Nitrogen concentration and δ¹⁵N of altered oceanic crust obtained on ODP Legs 129 and 185: Insights into alteration-related nitrogen enrichment and the nitrogen subduction budget

Knowledge of the subduction input flux of nitrogen (N) in altered oceanic crust (AOC) is critical in any attempt to mass-balance N across arc-trench systems on a global or individual-margin basis. We have employed sealed-tube, carrier-gas-based methods to examine the N concentrations and isotopic compositions of AOC. Analyses of 53 AOC samples recovered on DSDP/ODP legs from the North and South Pacific, the North Atlantic, and the Antarctic oceans (with larger numbers of samples from Site 801 outboard of the Mariana trench and Site 1149 outboard of the Izu trench), and 14 composites for the AOC sections at Site 801, give N concentrations of 1.3 to 18.2 ppm and δ¹⁵N_Air of -11.6‰ to +8.3‰, indicating significant N enrichment probably during the early stages of hydrothermal alteration of the oceanic basalts. The N-δ¹⁵N modeling for samples from Sites 801 and 1149 (n = 39) shows that the secondary N may come from (1) the sedimentary N in the intercalated sediments and possibly overlying sediments via fluid-sediment/rock interaction, and (2) degassed mantle N₂ in seawater via alteration-related abiotic reduction processes. For all Site 801 samples, weak correlation of N and K₂O contents indicates that the siting of N in potassic alteration phases strongly depends on N availability and is possibly influenced by highly heterogeneous temperature and redox conditions during hydrothermal alteration.
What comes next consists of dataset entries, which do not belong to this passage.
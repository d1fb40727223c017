// Facts about the layout rules: no code.
#![tactic(auto)]
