// The files in order of name.
ghost use Rattle.std.specs.Prelude.{◌≡◌, ◌<◌, ◌++◌, ◌∷◌, ◌↔◌, [], IfOk, List, OnErr, OnOk, Some, length, position, true};
ghost use Rattle.std.specs.List.{Contains, insert};
ghost use Rattle.nvm_base.specs.declared.files.FileEntry.{FileEntry};
ghost use Rattle.nvm_model.specs.Listing.{is_before, put_file, rises};
ghost use Rattle.file_journal.specs.Listing.{entry_name, listed, place_of};

use crate::Journal;
use nvm_base::{FileEntry, FileList, INODES, Name};
use std::alloc::{AllocError, Global};

impl Journal {
    /// The files in order of name.
    pub fn list(&self, alloc: Global) -> Result<FileList, AllocError>
        ensures ok { IfOk result (λ list. list.items ≡ listed self.now.tables) }
        ensures order { IfOk result (λ list. rises entry_name list.items ≡ true) }
        ensures files { IfOk result (λ list. (file : FileEntry) → Contains list.items file ↔ Contains self.now.tables.files (Some file)) }
    {
        let mut list = FileList::new(alloc);
        list.reserve(self.inodes.count())?;
        // The last inode comes first.
        for done in 0..INODES {
            if let Some(file) = self.slot(INODES - 1 - done) {
                insert(&mut list, file)?;
            }
        }
        Ok(list)
    }
}

// Puts a file before those that its name comes before.
fn insert(list: &mut FileList, file: FileEntry) -> Result<(), AllocError>
    ensures ok { OnOk result (list.new.items ≡ put_file entry_name file list.old.items) }
    ensures err { OnErr result (list.new ≡ list.old) }
{
    let place = place_of(list.as_slice(), &file.name);
    list.push(file)?;
    move_last(list.as_mut_slice(), place);
    Ok(())
}

// The place of the first file that a name comes before; past the last one where there is none.
fn place_of(files: &[FileEntry], name: &Name) -> usize
    ensures { result ≡ place_of name.now files.now }
{
    first_behind(files, name).unwrap_or(files.len())
}

fn first_behind(files: &[FileEntry], name: &Name) -> Option<usize>
    ensures { result ≡ position (λ file. is_before name.now file.name) files.now }
{
    files.iter().position(|file| *name < file.name)
}

// Moves the last file to a place, and those that were there and behind it one further.
fn move_last(files: &mut [FileEntry], place: usize)
    requires { place < length files.old }
    ensures { (before : List FileEntry) (last : FileEntry) → files.old ≡ before ++ last ∷ [] → files.new ≡ insert before place last }
{
    files[place..].rotate_right(1);
}
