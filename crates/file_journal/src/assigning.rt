// Changes of what is kept in memory.
ghost use Rattle.std.specs.Prelude.{◌≡◌, ◌+◌, ◌<◌, ℕ, slice_set, length};
ghost use Rattle.free_pool.specs.Units.{IsTaken};
ghost use Rattle.inode_table.specs.Slots as names;
ghost use Rattle.page_table.specs.Pages as units;
ghost use Rattle.file_journal.specs.Calls.{CanSwitch, MaySet};
ghost use Rattle.file_journal.specs.Changes.{named_units, switched_pages};
ghost use Rattle.file_journal.specs.Tables.{AreTaken, IsVacant, known_units};

use free_pool::Pool;
use inode_table::Inodes;
use nvm_base::FileEntry;
use page_table::PageTable;

/// Makes an inode that slot.
pub(crate) fn assign(inodes: &mut Inodes, inode: u64, slot: &Option<FileEntry>)
    requires inode { inode < 64 }
    requires set { MaySet inodes.old inode slot.now }
    ensures slots { inodes.new ≡ slice_set inodes.old inode slot.now }
    ensures table { names.IsTable inodes.new }
{
    match slot {
        Some(file) => inodes.set(inode, &file.name, file.pages),
        None => inodes.remove(inode),
    }
}

/// Switches pages of an inode, and gives back the units that they leave.
pub(crate) fn switch_units(
    table: &mut PageTable,
    pool: &mut Pool,
    inode: u64,
    switches: &[(u64, Option<u64>)],
)
    requires can { CanSwitch table.old.units table.old.pages pool.old inode switches.now }
    requires table { units.IsTable table.old }
    requires all { length pool.old ≡ table.old.units }
    requires taken { AreTaken table.old.pages pool.old }
    ensures pages { table.new ≡ record table.old { pages = switched_pages inode switches.now table.old.pages } }
    ensures table { units.IsTable table.new }
    ensures all { length pool.new ≡ length pool.old }
    ensures taken { AreTaken table.new.pages pool.new }
    ensures held { (unit : ℕ) → IsTaken pool.old unit → IsVacant table.old.pages unit → IsTaken pool.new unit }
    ensures known { known_units table.new.pages pool.new ≡ known_units table.old.pages pool.old + named_units switches.now }
{
    for (page, unit) in switches {
        let left = table.get(inode, *page);
        table.set(inode, *page, *unit);
        if let Some(unit) = left {
            pool.give(unit);
        }
    }
}
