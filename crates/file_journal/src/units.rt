// Units for pages to come, and pages that are switched to them.
ghost use Rattle.std.specs.Prelude.{◌≡◌, ◌+◌, ◌↔◌, ◌<◌, ◌≤◌, IfSome, IsNone, MatchOption, OnOk, Option, false, length, slice_set, true};
ghost use Rattle.free_pool.specs.Units.{IsFree, IsTaken, free_count};
ghost use Rattle.inode_table.specs.Slots.{pages_at};
ghost use Rattle.line_device.specs.Medium.{Medium};
ghost use Rattle.line_words.specs.Told.{Checks};
ghost use Rattle.page_table.specs.Pages.{used_pages};
ghost use Rattle.file_journal.specs.Calls.{CanSwitch, ChangesFiles, IsReady};
ghost use Rattle.file_journal.specs.Changes.{filled_holes, named_units, switched};
ghost use Rattle.file_journal.specs.Object.{JournalServes};
ghost use Rattle.file_journal.specs.Refusals.{full_refusal, journal_says, switch_refusal};
ghost use Rattle.file_journal.specs.Switches.{AreSwitches, ArePagesOf};
ghost use Rattle.file_journal.specs.Tables.{AreTables, IsVacant};

use crate::checks::check_meta;
use crate::{Journal, JournalFault};
use line_device::Lines;
use page_table::SPARE_UNITS;

impl Journal {
    /// Takes a unit that is no page's and that none holds.
    pub fn take_unit(&mut self) -> Option<u64>
        ensures none { IsNone result ↔ (free_count self.old.free ≡ 0) }
        ensures free { IfSome result (IsFree self.old.free) }
        ensures below { IfSome result (λ unit. unit < self.old.geo.fpages) }
        ensures vacant { IfSome result (IsVacant self.old.tables.pages) }
        ensures after { MatchOption result (self.new ≡ self.old) (λ unit. self.new ≡ record self.old { free = slice_set self.old.free unit false }) }
        ensures serves { (m : Medium) → JournalServes self.old m → JournalServes self.new m }
    {
        self.pool.take()
    }

    /// Gives back a unit that was taken and that no page got.
    pub fn give_unit(&mut self, unit: u64)
        requires taken { IsTaken self.old.free unit }
        requires vacant { IsVacant self.old.tables.pages unit }
        ensures after { self.new ≡ record self.old { free = slice_set self.old.free unit true } }
        ensures serves { (m : Medium) → JournalServes self.old m → JournalServes self.new m }
    {
        self.pool.give(unit);
    }

    /// Gives pages of a file the units that were taken for them, or makes them holes, all together; the units that they leave are
    /// given back.
    pub fn switch_pages<L: Lines>(
        &mut self,
        dev: &mut L,
        inode: u64,
        pages: &[(u64, Option<u64>)],
    ) -> Result<(), JournalFault>
        requires ready { IsReady self.old (L.state dev.old) }
        requires can { CanSwitch self.old.geo.fpages self.old.tables.pages self.old.free inode pages.now }
        requires within { ArePagesOf (pages_at self.old.tables.files inode) pages.now }
        ensures changes { ChangesFiles L.state self.old self.new dev.old dev.new result
            (switch_refusal self.old (L.state dev.old).medium inode pages.now) (switched inode pages.now self.old.tables)
            (named_units pages.now) (5 + length pages.now) }
    {
        self.check_room(inode, pages)?;
        check_meta(dev, self.geo)?;
        let slot = self.slot(inode);
        self.change(dev, inode, &slot, pages)?;
        Ok(())
    }

    // Whether enough units are left for the holes that are filled.
    fn check_room(&self, inode: u64, pages: &[(u64, Option<u64>)]) -> Result<(), JournalFault>
        requires inode { inode < 64 }
        requires switches { AreSwitches self.now.geo.fpages pages.now }
        ensures refused { Checks journal_says (full_refusal self.now inode pages.now) result }
        ensures room { OnOk result (used_pages self.now.tables.pages + filled_holes self.now.tables inode pages.now + 16
            ≤ self.now.geo.fpages) }
        ensures tables { AreTables self.now.geo.fpages self.now.tables }
    {
        let filled = self.filled_holes(inode, pages);
        if self.table.used() + filled > self.geo.fpages - SPARE_UNITS {
            return Err(JournalFault::Full);
        }
        Ok(())
    }

    // How many of the pages are holes and get units.
    fn filled_holes(&self, inode: u64, pages: &[(u64, Option<u64>)]) -> u64
        requires inode { inode < 64 }
        requires switches { AreSwitches self.now.geo.fpages pages.now }
        ensures holes { result ≡ filled_holes self.now.tables inode pages.now }
        ensures few { result ≤ 256 }
    {
        let mut filled = 0;
        for (page, unit) in pages {
            if unit.is_some() && self.unit(inode, *page).is_none() {
                filled += 1;
            }
        }
        filled
    }
}
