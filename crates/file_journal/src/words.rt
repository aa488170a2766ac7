// The words of changes, with their places.
ghost use Rattle.std.specs.Prelude.{◌≡◌, ◌+◌, ◌<◌, ◌≤◌, ◌^◌, IfSome, length};
ghost use Rattle.word_tables.specs.Bounds.{IsValid};
ghost use Rattle.word_tables.specs.Words.{of_inode, place};
ghost use Rattle.file_journal.specs.Changes.{change_words, holes, numbered, slot_words};
ghost use Rattle.file_journal.specs.Switches.{AreSwitches};

use arrayvec::ArrayVec;
use inode_table::Inodes;
use nvm_base::FileEntry;
use page_table::PageTable;
use word_tables::Geometry;

/// Words that change together: places and values.
pub(crate) type WordChanges = ArrayVec<(u64, u64), 272>;

/// Pages of an inode that change together, and the unit of each, or that it becomes a hole.
pub(crate) type Switches = ArrayVec<(u64, Option<u64>), 256>;

/// The words of an inode that becomes a slot, and of its pages that are switched.
pub(crate) fn change_words(
    geo: Geometry,
    inode: u64,
    slot: &Option<FileEntry>,
    switches: &[(u64, Option<u64>)],
) -> WordChanges
    requires valid { IsValid geo }
    requires inode { inode < 64 }
    requires pages { IfSome slot.now (λ file. file.pages ≤ 256) }
    requires switches { AreSwitches geo.fpages switches.now }
    ensures { result.items ≡ change_words geo inode slot.now switches.now }
{
    let mut words = slot_words(geo, inode, slot);
    for (page, unit) in switches {
        words.push((geo.page_word(inode, *page), PageTable::word(*unit)));
    }
    words
}

// The words of an inode that becomes a slot.
fn slot_words(geo: Geometry, inode: u64, slot: &Option<FileEntry>) -> WordChanges
    requires valid { IsValid geo }
    requires inode { inode < 64 }
    requires pages { IfSome slot.now (λ file. file.pages ≤ 256) }
    ensures { result.items ≡ numbered (place geo (of_inode inode 0)) (slot_words slot.now) }
{
    let first = geo.inode_word(inode, 0);
    match slot {
        Some(file) => numbered(first, &Inodes::words(&file.name, file.pages)),
        None => numbered(first, &[0]),
    }
}

// Values with the places of words that follow each other.
fn numbered(first: u64, values: &[u64]) -> WordChanges
    requires few { length values.now ≤ 5 }
    requires place { first + 5 < 2 ^ 64 }
    ensures { result.items ≡ numbered first values.now }
{
    let mut words = WordChanges::new();
    for (k, value) in values.iter().enumerate() {
        words.push((first + k as u64, *value));
    }
    words
}

/// `count` pages from one on become holes.
pub(crate) fn holes(first: u64, count: u64) -> Switches
    requires { first + count ≤ 256 }
    ensures { result.items ≡ holes first count }
{
    let mut switches = Switches::new();
    for page in first..first + count {
        switches.push((page, None));
    }
    switches
}
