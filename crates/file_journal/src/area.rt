ghost use Rattle.std.specs.Prelude.{◌≡◌};
ghost use Rattle.word_tables.specs.Bounds.{IsValid};
ghost use Rattle.file_journal.specs.Area.{file_area};

use nvm_base::Span;
use word_log::LogArea;
use word_tables::Geometry;

/// Most words that change together.
pub const MOST_TOGETHER: u64 = 272;

/// The words of all inodes.
pub(crate) const INODE_WORDS: u64 = 512;

/// The words of all inodes and of all page tables.
pub(crate) const TABLE_WORDS: u64 = 16_896;

/// Where the log of inodes and page tables stands.
pub fn file_area(geo: Geometry) -> LogArea
    requires { IsValid geo }
    ensures { result ≡ file_area geo }
{
    LogArea {
        log: geo.file_log(),
        cap: MOST_TOGETHER,
        home: Span {
            start: geo.inode_word(0, 0),
            len: TABLE_WORDS,
        },
    }
}
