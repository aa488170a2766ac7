// When calls are refused. None of this makes a counted call.
ghost use Rattle.std.specs.Prelude.{◌≡◌, ◌≤◌, ◌<◌, IfOk, None, OnOk, Some, ℕ};
ghost use Rattle.line_words.specs.Told.{Checks};
ghost use Rattle.nvm_model.specs.Lines.{AreGood};
ghost use Rattle.word_tables.specs.Bounds.{IsValid};
ghost use Rattle.word_tables.specs.Layout.{meta_lines, total_lines};
ghost use Rattle.inode_table.specs.Slots.{IsNamed, IsTable, MayTake, free_inode, inode_of};
ghost use Rattle.file_journal.specs.Calls.{FindsInode};
ghost use Rattle.file_journal.specs.Object.{JournalServes};
ghost use Rattle.file_journal.specs.Refusals.{create_refusal, delete_refusal, exists_refusal, journal_says, limit_refusal, metadata_refusal, missing_refusal, rename_refusal, resize_refusal, slots_refusal};

use crate::{Journal, JournalFault};
use line_device::Lines;
use line_words::first_bad;
use nvm_base::{LineNo, Name};
use page_table::INODE_PAGES;
use word_tables::Geometry;

impl Journal {
    // The inode of a file to be made.
    pub(crate) fn check_create<L: Lines>(
        &self,
        dev: &L,
        name: &Name,
        pages: u64,
    ) -> Result<u64, JournalFault>
        requires serves { JournalServes self.now (L.state dev.now).medium }
        ensures finds { FindsInode self.now (L.state dev.now).medium result
            (create_refusal self.now (L.state dev.now).medium name.now pages) (free_inode self.now.tables.files) }
        ensures may { IfOk result (λ inode. MayTake self.now.tables.files inode name.now) }
        ensures few { OnOk result (pages ≤ 256) }
    {
        self.check_unnamed(name)?;
        check_limit(pages)?;
        let inode = self.free_slot()?;
        check_meta(dev, self.geo)?;
        Ok(inode)
    }

    // The inode of a file to be deleted.
    pub(crate) fn check_delete<L: Lines>(&self, dev: &L, name: &Name) -> Result<u64, JournalFault>
        requires serves { JournalServes self.now (L.state dev.now).medium }
        ensures finds { FindsInode self.now (L.state dev.now).medium result
            (delete_refusal self.now (L.state dev.now).medium name.now) (inode_of name.now self.now.tables.files) }
        ensures table { IsTable self.now.tables.files }
    {
        let inode = self.named(name)?;
        check_meta(dev, self.geo)?;
        Ok(inode)
    }

    // The inode of a file to be renamed.
    pub(crate) fn check_rename<L: Lines>(
        &self,
        dev: &L,
        name: &Name,
        to: &Name,
    ) -> Result<u64, JournalFault>
        requires serves { JournalServes self.now (L.state dev.now).medium }
        ensures finds { FindsInode self.now (L.state dev.now).medium result
            (rename_refusal self.now (L.state dev.now).medium name.now to.now) (inode_of name.now self.now.tables.files) }
        ensures may { IfOk result (λ inode. MayTake self.now.tables.files inode to.now) }
        ensures table { IsTable self.now.tables.files }
    {
        let inode = self.named(name)?;
        self.check_unnamed(to)?;
        check_meta(dev, self.geo)?;
        Ok(inode)
    }

    // The inode of a file that is to have so many pages.
    pub(crate) fn check_resize<L: Lines>(
        &self,
        dev: &L,
        name: &Name,
        pages: u64,
    ) -> Result<u64, JournalFault>
        requires serves { JournalServes self.now (L.state dev.now).medium }
        ensures finds { FindsInode self.now (L.state dev.now).medium result
            (resize_refusal self.now (L.state dev.now).medium name.now pages) (inode_of name.now self.now.tables.files) }
        ensures may { IfOk result (λ inode. MayTake self.now.tables.files inode name.now) }
        ensures few { OnOk result (pages ≤ 256) }
        ensures table { IsTable self.now.tables.files }
    {
        let inode = self.named(name)?;
        check_limit(pages)?;
        check_meta(dev, self.geo)?;
        Ok(inode)
    }

    // The inode of that name, which there has to be.
    fn named(&self, name: &Name) -> Result<u64, JournalFault>
        ensures refused { Checks journal_says (missing_refusal self.now name.now) result }
        ensures inode { IfOk result (λ inode. inode_of name.now self.now.tables.files ≡ Some inode) }
        ensures named { IfOk result (λ inode. IsNamed self.now.tables.files inode name.now) }
        ensures within { IfOk result (λ inode. inode < 64) }
        ensures table { IsTable self.now.tables.files }
    {
        match self.inodes.find(name) {
            Some(inode) => Ok(inode),
            None => Err(JournalFault::Missing),
        }
    }

    // Whether there is no file of that name.
    fn check_unnamed(&self, name: &Name) -> Result<(), JournalFault>
        ensures refused { Checks journal_says (exists_refusal self.now name.now) result }
        ensures unnamed { OnOk result ((inode : ℕ) → IsNamed self.now.tables.files inode name.now → ⊥) }
    {
        match self.inodes.find(name) {
            Some(_) => Err(JournalFault::Exists),
            None => Ok(()),
        }
    }

    // A free inode, of which there has to be one.
    fn free_slot(&self) -> Result<u64, JournalFault>
        ensures refused { Checks journal_says (slots_refusal self.now) result }
        ensures inode { IfOk result (λ inode. free_inode self.now.tables.files ≡ Some inode) }
        ensures within { IfOk result (λ inode. inode < 64) }
    {
        match self.inodes.free_slot() {
            Some(inode) => Ok(inode),
            None => Err(JournalFault::Slots),
        }
    }
}

// Whether a file may have so many pages.
fn check_limit(pages: u64) -> Result<(), JournalFault>
    ensures refused { Checks journal_says (limit_refusal pages) result }
    ensures few { OnOk result (pages ≤ 256) }
{
    if pages > INODE_PAGES {
        return Err(JournalFault::Limit);
    }
    Ok(())
}

/// Whether no line of metadata is bad.
pub(crate) fn check_meta<L: Lines>(dev: &L, geo: Geometry) -> Result<(), JournalFault>
    requires valid { IsValid geo }
    requires lines { (L.state dev.now).medium.count ≡ total_lines geo }
    ensures refused { Checks journal_says (metadata_refusal geo (L.state dev.now).medium) result }
    ensures good { OnOk result (AreGood (L.state dev.now).medium (meta_lines geo)) }
{
    match first_bad(dev, 0, geo.meta_lines()) {
        Some(line) => Err(JournalFault::Meta(LineNo(line))),
        None => Ok(()),
    }
}
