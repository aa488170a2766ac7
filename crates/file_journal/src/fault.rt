ghost use Rattle.std.specs.Prelude.{◌≡◌};

use line_words::Interruption;
use nvm_base::LineNo;
use std::alloc::AllocError;
use word_log::LogFault;

/// Why a change of files was not made.
#[derive(Clone, Copy, Debug, PartialEq, Eq)]
pub enum JournalFault {
    /// There is no file of that name.
    Missing,
    /// There is one already.
    Exists,
    /// A file has 256 pages at most.
    Limit,
    /// There are 64 files.
    Slots,
    /// Too few units would be left.
    Full,
    /// Lowest line of metadata that is bad.
    Meta(LineNo),
    /// The device failed.
    Device,
    /// The power went.
    PowerLost,
}

/// Why a journal could not be mounted.
#[derive(Clone, Copy, Debug, PartialEq, Eq)]
pub enum MountFault {
    /// Line of log or tables that is bad.
    Poisoned(LineNo),
    /// The word at this place is the first that is wrong.
    Bad(u64),
    /// The device failed.
    Device,
    /// The power went.
    PowerLost,
    /// There is no memory.
    Memory,
}

impl From<Interruption> for JournalFault {
    ghost use Rattle.line_words.specs.Told.Told.{Stops};
    ghost use Rattle.file_journal.specs.Refusals.{journal_says};

    ghost from_gives = { λ stop fault. journal_says fault ≡ Stops stop };

    fn from(stop: Interruption) -> JournalFault {
        match stop {
            Interruption::Failed => JournalFault::Device,
            Interruption::PowerLost => JournalFault::PowerLost,
        }
    }
}

impl From<LogFault> for MountFault {
    ghost use Rattle.word_log.specs.Mount.{says};
    ghost use Rattle.file_journal.specs.Mounting.{journal_mount_says};

    ghost from_gives = { λ log fault. journal_mount_says fault ≡ says log };

    fn from(fault: LogFault) -> MountFault {
        match fault {
            LogFault::Poisoned(line) => MountFault::Poisoned(line),
            LogFault::Bad(place) => MountFault::Bad(place),
            LogFault::Failed => MountFault::Device,
            LogFault::PowerLost => MountFault::PowerLost,
            LogFault::Memory => MountFault::Memory,
        }
    }
}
The upper 470-m AOC recovered by ODP Legs 129 and 185 delivers approximately 8 × 10⁵ g/km N annually into the Mariana margin. If the remaining less-altered oceanic crust (assuming 6.5 km, mostly dikes and gabbros) has MORB-like N of 1.5 ppm, the entire oceanic crust transfers 5.1 × 10⁶ g/km N annually into that trench. This N input flux is twice as large as the annual N input of 2.5 × 10⁶ g/km in seafloor sediments subducting into the same margin, demonstrating that the N input in oceanic crust, and its isotopic consequences, must be considered in any assessment of convergent margin N flux.